Activity: An exact transcription of the lines below, from the first through the one containing "let mut text = String::new(alloc);", is the only output wanted.

Extracted records:
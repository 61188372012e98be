use echelon::single_of;
use instance_reader::read_instance;
use lot_model::{Instance, is_uncoupled};
use own_plan::own_period_plan;
use report::{GenFault, generate, parts_add_up};
use std::alloc::Global;
use std::process::Abort;
use wagner_whitin::laws::solve_plain;
use wagner_whitin::solve;

// The instance of a model that is drawn from seed 7.
fn drawn(rt: &impl Abort, alloc: Global, items: u32, periods: u32, coupled: bool) -> Instance {
    let text = generate(alloc, 7, items, periods, coupled).expect(rt, "not generated");
    read_instance(alloc, &text).expect(rt, "not read")
}

// The numbers and lines of each item.
fn told(rt: &impl Abort, alloc: Global, instance: &Instance) -> String {
    let mut text = String::new(alloc);
    for item in 1..instance.items() + 1 {
        let name = instance.item_name(item);
        let demand = instance.demands(item);
        let setup_cost = instance.setup_costs(item);
        let hold_cost = instance.hold_costs(item);
        let back = instance.backlog_costs(item);
        write!(
            &mut text,
            "{name} {demand:?} {setup_cost:?} {hold_cost:?} {back:?}\n"
        )
        .expect(rt, "memory");
        let needs = instance.needs(item);
        let uses = instance.uses(item);
        write!(&mut text, "{needs:?} {uses:?}\n").expect(rt, "memory");
    }
    text
}

// The numbers and lines of each item of a model that is drawn, and how many resources it has.
fn told_of_drawn(
    rt: &impl Abort,
    alloc: Global,
    items: u32,
    periods: u32,
    coupled: bool,
) -> (String, u32) {
    let instance = drawn(rt, alloc, items, periods, coupled);
    let resources = instance.resources();
    (told(rt, alloc, &instance), resources)
}

// The words of the generator of seed 7 and stream 54 were worked out by another program.
#[test]
fn numbers_are_drawn_item_by_item(rt: HostRuntime) {
    parts_add_up();
    let (text, resources) = told_of_drawn(&rt, rt.alloc(), 2, 3, false);
    let want = "i1 [3, 28, 33] [230, 180, 299] [3, 3, 3] Some([5, 5, 5])\n[] []\n\
         i2 [35, 79, 68] [106, 234, 154] [3, 3, 3] None\n[] []\n";
    assert_eq!(rt; (text.as_str(), resources), (want, 0));
}

// What is told of a drawn model whose items use one resource.
fn coupled_text(rt: &impl Abort, alloc: Global) -> String {
    let usage = "[Usage { resource: 1, unit: 1, setup: 5 }]";
    format!(in alloc;
        "i1 [3, 28, 33, 30] [180, 299, 106, 113] [2, 2, 2, 2] None\n\
         [Need {{ item: 2, quantity: 1 }}] {usage}\n\
         i2 [9, 8, 6, 4] [154, 130, 165, 237] [1, 1, 1, 1] None\n\
         [Need {{ item: 3, quantity: 1 }}] {usage}\n\
         i3 [6, 9, 9, 0] [286, 246, 273, 185] [1, 1, 1, 1] None\n\
         [] {usage}\n"
    )
    .expect(rt, "memory")
}

#[test]
fn lines_are_drawn_item_by_item(rt: HostRuntime) {
    let alloc = rt.alloc();
    let want = coupled_text(&rt, alloc);
    let (text, resources) = told_of_drawn(&rt, alloc, 3, 4, true);
    assert_eq!(rt; (text.as_str(), resources), (want.as_str(), 1));
}

// Whether an instance has a plan that makes each item where it is asked for.
fn has_own_period_plan(rt: &impl Abort, alloc: Global, instance: &Instance) -> bool {
    let plan = own_period_plan(alloc, instance).expect(rt, "memory");
    plan.is_some()
}

#[test]
fn the_largest_model_has_its_own_period_plan(rt: HostRuntime) {
    let alloc = rt.alloc();
    let instance = drawn(&rt, alloc, 40, 60, true);
    assert_eq!(rt; (instance.items(), instance.periods()), (40, 60));
    assert!(rt; has_own_period_plan(&rt, alloc, &instance));
}

#[test]
fn sizes_out_of_range_are_refused(rt: HostRuntime) {
    let alloc = rt.alloc();
    for (items, periods) in [(0, 1), (41, 4), (1, 0), (3, 61)] {
        assert_eq!(rt;
            generate(alloc, 1, items, periods, true).err(),
            Some(GenFault::Range)
        );
    }
}

// The least cost of an item by both recursions, where it has no backlog cost.
fn both_costs(
    rt: &impl Abort,
    alloc: Global,
    instance: &Instance,
    item: u32,
) -> Option<(u128, u128)> {
    if item < 1 || item > instance.items() || !is_uncoupled(instance) {
        panic!(rt; "no such item by itself");
    }
    let single = single_of(alloc, instance, item).expect(rt, "memory");
    if single.back.is_some() {
        return None;
    }
    let found = solve(alloc, &single).expect(rt, "memory").cost;
    Some((found, solve_plain(alloc, &single).expect(rt, "memory").cost))
}

// The model that `demo 7` plans first. Its items 1, 3, 5 .. have a backlog cost.
#[test]
fn both_recursions_find_the_same_cost(rt: HostRuntime) {
    let alloc = rt.alloc();
    let instance = drawn(&rt, alloc, 12, 60, false);
    assert_eq!(rt; instance.items(), 12);
    for item in 1..13u32 {
        match both_costs(&rt, alloc, &instance, item) {
            Some((found, plain)) => assert_eq!(rt; (found, item % 2), (plain, 0)),
            None => assert_eq!(rt; item % 2, 1),
        }
    }
}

Your response:
repository 61188372012e98be
use echelon::single_of;
use instance_reader::read_instance;
use lot_model::{Instance, is_uncoupled};
use own_plan::own_period_plan;
use report::{GenFault, generate, parts_add_up};
use std::alloc::Global;
use std::process::Abort;
use wagner_whitin::laws::solve_plain;
use wagner_whitin::solve;

// The instance of a model that is drawn from seed 7.
fn drawn(rt: &impl Abort, alloc: Global, items: u32, periods: u32, coupled: bool) -> Instance {
    let text = generate(alloc, 7, items, periods, coupled).expect(rt, "not generated");
    read_instance(alloc, &text).expect(rt, "not read")
}

// The numbers and lines of each item.
fn told(rt: &impl Abort, alloc: Global, instance: &Instance) -> String {
    let mut text = String::new(alloc);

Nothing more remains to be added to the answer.